//! Taking the lines of a problem text, one after the other.
ghost use Rattle.std.specs.Prelude.{◌≡◌, ◌≢◌, ◌<◌, ◌≤◌, ◌&&◌, ◌∷◌, ◌^◌, [], ℕ, List, false, true, codes, length, replicate, is_some, IsTrue};
ghost use Rattle.std.specs.Prelude.{MatchResult, Ok, Err, Some, None};
ghost use Rattle.std.specs.Option.{ForSome};
ghost use Rattle.dmf_node.specs.Node.{is_node};
ghost use Rattle.dmf_text.specs.declared.fault.ProblemFaultKind.TheVariants as kinds;
ghost use Rattle.dmf_text.specs.Numbers.{AreSpelled};

use crate::arc_line::{ArcLine, ProblemLine};
use crate::digits::number;
use crate::exact_fields::three_fields;
use crate::fault::ProblemFaultKind;
use crate::field::Fields;
use crate::numbers::three_numbers;
use crate::terminal::{Terminal, named};
use dmf_state::{MAX_ARCS, MAX_NODES, State};
use std::alloc::Global;

/// What the problem line says, and the source or the sink if a node line names one of them.
#[derive(Drop)]
pub(crate) struct Head {
    nodes: u32,
    arcs: u32,
    source: Option<u32>,
    sink: Option<u32>,
    ghost at_least_two: { 2 ≤ nodes },
    ghost at_most_nodes: { nodes ≤ 2 ^ 24 },
    ghost at_most_arcs: { arcs ≤ 2 ^ 27 },
    ghost source_is_node: { ForSome source (λ v. IsTrue (is_node nodes v)) },
    ghost sink_is_node: { ForSome sink (λ v. IsTrue (is_node nodes v)) },
    ghost not_both: { (is_some source && is_some sink) ≡ false },
}

/// The network so far, and the number of arcs that the problem line says.
#[derive(Drop)]
pub(crate) struct Body {
    arcs: u32,
    state: State,
    ghost at_most_arcs: { arcs ≤ 2 ^ 27 },
    ghost not_too_many: { length state.network.arcs ≤ arcs },
    ghost idle: { state.flows ≡ replicate (length state.network.arcs) 0 },
}

/// What the lines of a problem text say so far.
#[derive(Drop)]
pub(crate) enum Reading {
    /// There was no problem line yet.
    Start,
    /// The source or the sink is not named yet.
    Terminals(Head),
    /// Source and sink are named.
    Arcs(Body),
}

impl Reading {
    ghost use Rattle.dmf_text.specs.Fields.{fields};
    ghost use Rattle.dmf_text.specs.Problem.{judged, judged_problem, judged_node, judged_arc, ended};
    ghost use Rattle.dmf_text.specs.ProblemLine.{IsLine};
    ghost use Rattle.dmf_text.specs.Reading.{facts_in, Takes, TakesInMemory};

    /// Takes the next line. Fails with its fault, or if memory is refused.
    pub(crate) fn take_line(
        &mut self,
        alloc: Global,
        line: ProblemLine<'_>,
    ) -> Result<(), ProblemFaultKind>
        ensures { (bytes : List ℕ) → IsLine line.entry bytes → TakesInMemory (facts_in self.old) (fields bytes)
            (judged (facts_in self.old) (fields bytes)) (facts_in self.new) result }
    {
        match line {
            ProblemLine::Arc(arc) => self.take_arc(arc),
            ProblemLine::Bytes(line) => self.take_bytes(alloc, line),
        }
    }

    /// Takes the next line, of these bytes.
    fn take_bytes(&mut self, alloc: Global, line: &[u8]) -> Result<(), ProblemFaultKind>
        ensures { TakesInMemory (facts_in self.old) (fields line.now)
            (judged (facts_in self.old) (fields line.now)) (facts_in self.new) result }
    {
        let mut behind = Fields::new(line);
        let Some(kind) = behind.next() else {
            return Ok(());
        };
        if kind == b"a".as_slice() {
            self.take_arc_line(behind)
        } else if kind == b"n".as_slice() {
            self.take_node_line(alloc, behind)
        } else if kind == b"p".as_slice() {
            self.take_problem_line(behind)
        } else if kind.starts_with(b"c") {
            Ok(())
        } else {
            Err(ProblemFaultKind::UnknownLine)
        }
    }

    /// Takes a problem line. These are the fields after its first.
    #[tactic(auto, unfolding(crate::specs::Problem::judged_problem))]
    fn take_problem_line(&mut self, behind: Fields<'_>) -> Result<(), ProblemFaultKind>
        ensures { Takes (facts_in self.old) (codes "p" ∷ behind.entry)
            (judged_problem (facts_in self.old) behind.entry) (facts_in self.new) result }
    {
        let Reading::Start = self else {
            return Err(ProblemFaultKind::SecondProblemLine);
        };
        *self = Reading::Terminals(Head::of_problem_line(behind)?);
        Ok(())
    }

    /// Takes a node line. These are the fields after its first.
    #[tactic(auto, unfolding(crate::specs::Problem::judged_node))]
    fn take_node_line(&mut self, alloc: Global, behind: Fields<'_>) -> Result<(), ProblemFaultKind>
        ensures { Takes (facts_in self.old) (codes "n" ∷ behind.entry)
            (judged_node (facts_in self.old) behind.entry) (facts_in self.new) result }
    {
        match self {
            Reading::Start => Err(ProblemFaultKind::ProblemLineExpected),
            Reading::Terminals(head) => {
                *self = head.with_terminal(alloc, behind)?;
                Ok(())
            }
            Reading::Arcs(body) => {
                named(body.state.nodes(), behind)?;
                Err(ProblemFaultKind::SecondTerminal)
            }
        }
    }

    /// Takes an arc line. These are the fields after its first.
    #[tactic(auto, unfolding(crate::specs::Problem::judged_arc))]
    fn take_arc_line(&mut self, behind: Fields<'_>) -> Result<(), ProblemFaultKind>
        ensures { TakesInMemory (facts_in self.old) (codes "a" ∷ behind.entry)
            (judged_arc (facts_in self.old) behind.entry) (facts_in self.new) result }
    {
        match self {
            Reading::Start => Err(ProblemFaultKind::ProblemLineExpected),
            Reading::Terminals(_) => Err(ProblemFaultKind::ArcBeforeTerminals),
            Reading::Arcs(body) => body.take_arc_line(behind),
        }
    }

    /// Takes an arc line of these numbers.
    #[tactic(auto, unfolding(crate::specs::Problem::judged_arc))]
    fn take_arc(&mut self, arc: ArcLine) -> Result<(), ProblemFaultKind>
        ensures { (behind : List (List ℕ)) → AreSpelled behind arc.tail arc.head arc.cap → TakesInMemory (facts_in self.old)
            (codes "a" ∷ behind) (judged_arc (facts_in self.old) behind) (facts_in self.new) result }
    {
        match self {
            Reading::Start => Err(ProblemFaultKind::ProblemLineExpected),
            Reading::Terminals(_) => Err(ProblemFaultKind::ArcBeforeTerminals),
            Reading::Arcs(body) => {
                body.expect_more()?;
                body.push(arc)
            }
        }
    }

    /// The state that the lines stand for, at the end of the text.
    #[tactic(auto, unfolding(crate::specs::Problem::ended))]
    pub(crate) fn finish(self) -> Result<State, ProblemFaultKind>
        ensures { result ≡ ended (facts_in self) }
    {
        match self {
            Reading::Start => Err(ProblemFaultKind::ProblemLineExpected),
            Reading::Terminals(_) => Err(ProblemFaultKind::TerminalMissing),
            Reading::Arcs(body) => body.finish(),
        }
    }
}

impl Head {
    ghost use Rattle.dmf_text.specs.Problem.{counts_named, judged_node};
    ghost use Rattle.dmf_text.specs.Reading.{facts_in, facts_in_head, with_line, no_facts, Takes};

    /// What a problem line says. These are the fields after its first.
    #[tactic(auto, unfolding(crate::specs::Problem::counts_named))]
    fn of_problem_line(behind: Fields<'_>) -> Result<Head, ProblemFaultKind>
        ensures { MatchResult result
            (λ head. (counts_named behind.entry ≡ Ok (record { nodes = head.nodes; arcs = head.arcs }))
            × (facts_in_head head ≡ with_line no_facts (codes "p" ∷ behind.entry)))
            (λ kind. counts_named behind.entry ≡ Err kind) }
    {
        let (word, nodes, arcs) = three_fields(behind)?;
        if word != b"max".as_slice() {
            return Err(ProblemFaultKind::NotMax);
        }
        let nodes = number(nodes)?;
        let arcs = number(arcs)?;
        if nodes < 2 || nodes > u64::from(MAX_NODES) || arcs > u64::from(MAX_ARCS) {
            return Err(ProblemFaultKind::CountOutOfRange);
        }
        Ok(Head {
            nodes: nodes as u32,
            arcs: arcs as u32,
            source: None,
            sink: None,
        })
    }

    /// Takes a node line. These are the fields after its first. Once source and sink are named, there is a network.
    #[tactic(auto, unfolding(crate::specs::Problem::judged_node))]
    fn with_terminal(&self, alloc: Global, behind: Fields<'_>) -> Result<Reading, ProblemFaultKind>
        ensures { MatchResult result
            (λ reading. (judged_node (facts_in_head self.now) behind.entry ≡ Ok tt)
            × (facts_in reading ≡ with_line (facts_in_head self.now) (codes "n" ∷ behind.entry)))
            (λ kind. judged_node (facts_in_head self.now) behind.entry ≡ Err kind) }
    {
        let (terminal, node) = named(self.nodes, behind)?;
        let (own, source, sink) = match terminal {
            Terminal::Source => (self.source, Some(node), self.sink),
            Terminal::Sink => (self.sink, self.source, Some(node)),
        };
        if own.is_some() {
            return Err(ProblemFaultKind::SecondTerminal);
        }
        let (nodes, arcs) = (self.nodes, self.arcs);
        match (source, sink) {
            (Some(source), Some(sink)) if source == sink => Err(ProblemFaultKind::SameTerminals),
            (Some(source), Some(sink)) => Ok(Reading::Arcs(Body {
                arcs,
                state: State::new(alloc, nodes, source, sink),
            })),
            _ => Ok(Reading::Terminals(Head {
                nodes,
                arcs,
                source,
                sink,
            })),
        }
    }
}

impl Body {
    ghost use Rattle.dmf_text.specs.Problem.{judged_arc, ended};
    ghost use Rattle.dmf_text.specs.Reading.{facts_in_body, TakesInMemory};

    /// Takes an arc line. These are the fields after its first.
    #[tactic(auto, unfolding(crate::specs::Problem::judged_arc))]
    fn take_arc_line(&mut self, behind: Fields<'_>) -> Result<(), ProblemFaultKind>
        ensures { TakesInMemory (facts_in_body self.old) (codes "a" ∷ behind.entry)
            (judged_arc (facts_in_body self.old) behind.entry) (facts_in_body self.new) result }
    {
        self.expect_more()?;
        let (tail, head, cap) = three_numbers(behind)?;
        self.push(ArcLine { tail, head, cap })
    }

    /// Fails if there are as many arcs as the problem line says.
    fn expect_more(&self) -> Result<(), ProblemFaultKind>
        ensures { MatchResult result (λ _. length self.now.state.network.arcs < self.now.arcs)
            (λ kind. (kind ≡ kinds.TooManyArcs) × (self.now.arcs ≤ length self.now.state.network.arcs)) }
    {
        if self.state.arcs().len() >= self.arcs as usize {
            return Err(ProblemFaultKind::TooManyArcs);
        }
        Ok(())
    }

    /// Takes an arc line of these numbers, where there are fewer arcs than the problem line says.
    #[inline(always)]
    fn push(&mut self, arc: ArcLine) -> Result<(), ProblemFaultKind>
        requires { length self.old.state.network.arcs < self.old.arcs }
        ensures { (behind : List (List ℕ)) → AreSpelled behind arc.tail arc.head arc.cap → TakesInMemory (facts_in_body self.old)
            (codes "a" ∷ behind) (judged_arc (facts_in_body self.old) behind) (facts_in_body self.new) result }
    {
        self.state.push_arc(arc.tail, arc.head, arc.cap)?;
        Ok(())
    }

    /// The state that the lines stand for, at the end of the text.
    #[tactic(auto, unfolding(crate::specs::Problem::ended))]
    fn finish(self) -> Result<State, ProblemFaultKind>
        ensures { result ≡ ended (facts_in_body self) }
    {
        if self.state.arcs().len() < self.arcs as usize {
            return Err(ProblemFaultKind::TooFewArcs);
        }
        let Body { state, .. } = self;
        Ok(state)
    }
}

━━━━━━━━━━━━━━━━━━━━━━━━━━━━━━

» **WORK ORDER**:
Apply a filter for "next" to the entries and show each line that passes.

» **RESPONSE FOR THIS EXERCISE**:
    /// Takes the next line. Fails with its fault, or if memory is refused.
    /// Takes the next line, of these bytes.
        let Some(kind) = behind.next() else {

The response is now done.